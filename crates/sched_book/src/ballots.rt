//! The leader among good reports: the first that agrees with enough of them. Each pair is compared at most once, by
//! numbers, and only until a front has a leader. A report whose output is new, or whose whole number is far from all before
//! it, is compared with none.

ghost use Rattle.std.specs.Prelude.{◌≡◌, ◌<◌, ◌≤◌, ◌+◌, [], true, false, length, take, drop, map, count_by};
ghost use Rattle.std.specs.List.{All};
ghost use Rattle.sched_book.specs.Ballots.{agrees_with, voted, most_votes, leader_by, IsTallyOf};
ghost use Rattle.sched_book.specs.Count.{output_of, first_leader};
ghost use Rattle.sched_book.specs.Near.{number_in};

use crate::count::output_at;
use crate::instance::Instance;
use crate::limits::MOST_INSTANCES;
use crate::outputs::{Outputs, distance_of};
use crate::rows::Agreement;
use crate::whole_numbers::whole_number_of;
use arrayvec::ArrayVec;

/// A good report, with the votes that it has so far.
#[derive(Clone, Copy, Default)]
struct Ballot {
    /// The number of its instance.
    number: usize,
    /// The report that stands for it: the first with its output, or itself if it has a whole number. Unless both have one,
    /// two outputs are the same exactly if these are.
    first: usize,
    /// The whole number as which its output is compared, if it is.
    value: Option<i64>,
    /// How many of the reports that have joined agree with it.
    votes: usize,
}

/// The whole number as which the output of a report is compared, if it is.
fn value_at(agreement: &Agreement, instances: &[Instance], number: usize) -> Option<i64>
    ensures { result ≡ number_in agreement.now (output_of instances.now number) }
{
    match agreement {
        Agreement::Exact => None,
        Agreement::Within(_) => whole_number_of(output_at(instances, number).as_bytes()),
    }
}

/// Whether the outputs of two reports agree. The voter's number is tested first, so that a loop over ballots tests it
/// once.
fn do_agree(distance: u32, voter: &Ballot, ballot: &Ballot) -> bool
    ensures { result ≡ agrees_with distance voter.now ballot.now }
{
    let Some(number) = voter.value else {
        return ballot.first == voter.first;
    };
    match ballot.value {
        None => ballot.first == voter.first,
        Some(other) => other.abs_diff(number) <= u64::from(distance),
    }
}

/// Counts a voter for a ballot: it has one vote more if the two agree. Returns whether they do.
fn add_vote(distance: u32, voter: &Ballot, ballot: &mut Ballot) -> bool
    requires { ballot.old.votes ≤ MOST_INSTANCES }
    ensures ballot { ballot.new ≡ voted distance voter.now ballot.old }
    ensures agreed { result ≡ agrees_with distance voter.now ballot.old }
{
    let agreed = do_agree(distance, voter, ballot);
    ballot.votes += usize::from(agreed);
    agreed
}

/// What the vote of one report has changed.
#[derive(Drop)]
struct Counted {
    /// How many ballots have one vote more.
    agreed: usize,
    /// The most votes that one of the ballots has by now.
    most_votes: usize,
}

/// Counts the vote of one report.
fn count_vote(distance: u32, voter: &Ballot, ballots: &mut [Ballot]) -> Counted
    requires { All (λ ballot. ballot.votes ≤ MOST_INSTANCES) ballots.old }
    ensures ballots { ballots.new ≡ map (voted distance voter.now) ballots.old }
    ensures agreed { result.agreed ≡ count_by (agrees_with distance voter.now) ballots.old }
    ensures most { result.most_votes ≡ most_votes ballots.new }
{
    let mut agreed = 0;
    let mut most_votes: usize = 0;
    for ballot in ballots.iter_mut() {
        agreed += usize::from(add_vote(distance, voter, ballot));
        most_votes = most_votes.max(ballot.votes);
    }
    Counted { agreed, most_votes }
}

/// Counts the vote of one report. If it is new, it agrees with none of these, and no ballot changes.
fn count_for(
    distance: u32,
    voter: &Ballot,
    ballots: &mut [Ballot],
    most: usize,
    is_new: bool,
) -> Counted
    requires few { All (λ ballot. ballot.votes ≤ MOST_INSTANCES) ballots.old }
    requires most { most ≡ most_votes ballots.old }
    requires new { is_new ≡ true → All (λ ballot. agrees_with distance voter.now ballot ≡ false) ballots.old }
    ensures ballots { ballots.new ≡ map (voted distance voter.now) ballots.old }
    ensures agreed { result.agreed ≡ count_by (agrees_with distance voter.now) ballots.old }
    ensures most { result.most_votes ≡ most_votes ballots.new }
{
    if is_new {
        Counted {
            agreed: 0,
            most_votes: most,
        }
    } else {
        count_vote(distance, voter, ballots)
    }
}

/// The first report with enough votes.
fn leader_of(ballots: &[Ballot], enough: usize) -> Option<usize>
    ensures { result ≡ leader_by enough ballots.now }
{
    match ballots.iter().find(|ballot| enough <= ballot.votes) {
        None => None,
        Some(ballot) => Some(ballot.number),
    }
}

/// The votes among the reports that have joined so far.
#[derive(Drop)]
struct Tally {
    /// Their outputs.
    outputs: Outputs,
    /// Their ballots, in the order in which they joined.
    ballots: ArrayVec<Ballot, MOST_INSTANCES>,
    /// The most votes that one of them has.
    most_votes: usize,
}

impl Tally {
    /// The tally of no report.
    fn new() -> Tally
        ensures firsts { result.outputs.firsts.numbers.items ≡ [] }
        ensures numbers { result.outputs.numbers.numbers.items ≡ [] }
        ensures ballots { result.ballots.items ≡ [] }
        ensures most { result.most_votes ≡ 0 }
    {
        Tally {
            outputs: Outputs::new(),
            ballots: ArrayVec::new(),
            most_votes: 0,
        }
    }

    /// The report at an index joins, once those before it have. It votes for itself, and where it agrees with one
    /// before it, each votes for the other.
    fn join(
        &mut self,
        agreement: &Agreement,
        instances: &[Instance],
        reports: &[usize],
        index: usize,
    )
        requires few { length reports.now ≤ MOST_INSTANCES }
        requires within { index < length reports.now }
        requires tally { IsTallyOf agreement.now instances.now reports.now index self.old }
        ensures { IsTallyOf agreement.now instances.now reports.now (index + 1) self.new }
    {
        let value = value_at(agreement, instances, reports[index]);
        let seen = self
            .outputs
            .see(agreement, value, instances, reports, index);
        let mut ballot = Ballot {
            number: reports[index],
            first: seen.first,
            value,
            votes: 1,
        };
        let counted = count_for(
            distance_of(agreement),
            &ballot,
            self.ballots.as_mut_slice(),
            self.most_votes,
            seen.is_new,
        );
        ballot.votes += counted.agreed;
        self.ballots.push(ballot);
        self.most_votes = counted.most_votes.max(ballot.votes);
    }

    /// The first report with enough votes. The ballots are searched only if one of them has.
    fn leader(&self, enough: usize) -> Option<usize>
        requires { self.now.most_votes ≡ most_votes self.now.ballots.items }
        ensures { result ≡ leader_by enough self.now.ballots.items }
    {
        if self.most_votes < enough {
            None
        } else {
            leader_of(self.ballots.as_slice(), enough)
        }
    }
}

/// The leader of the shortest front that has one, among fronts at least a quorum long.
pub(crate) fn first_leader_among(
    agreement: &Agreement,
    instances: &[Instance],
    enough: usize,
    reports: &[usize],
    quorum: usize,
) -> Option<usize>
    requires few { length reports.now ≤ MOST_INSTANCES }
    requires reached { quorum ≤ length reports.now }
    ensures { result ≡ first_leader agreement.now instances.now enough (take quorum reports.now) (drop quorum reports.now) }
{
    let mut tally = Tally::new();
    for front in 0..reports.len() {
        if quorum <= front {
            let leader = tally.leader(enough);
            if leader.is_some() {
                return leader;
            }
        }
        tally.join(agreement, instances, reports, front);
    }
    tally.leader(enough)
}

● ● ● ● ● ● ●

### WORK ORDER
Each line of the material that contains "them" is to be counted, and only the total stated.

### WRITTEN RESPONSE
3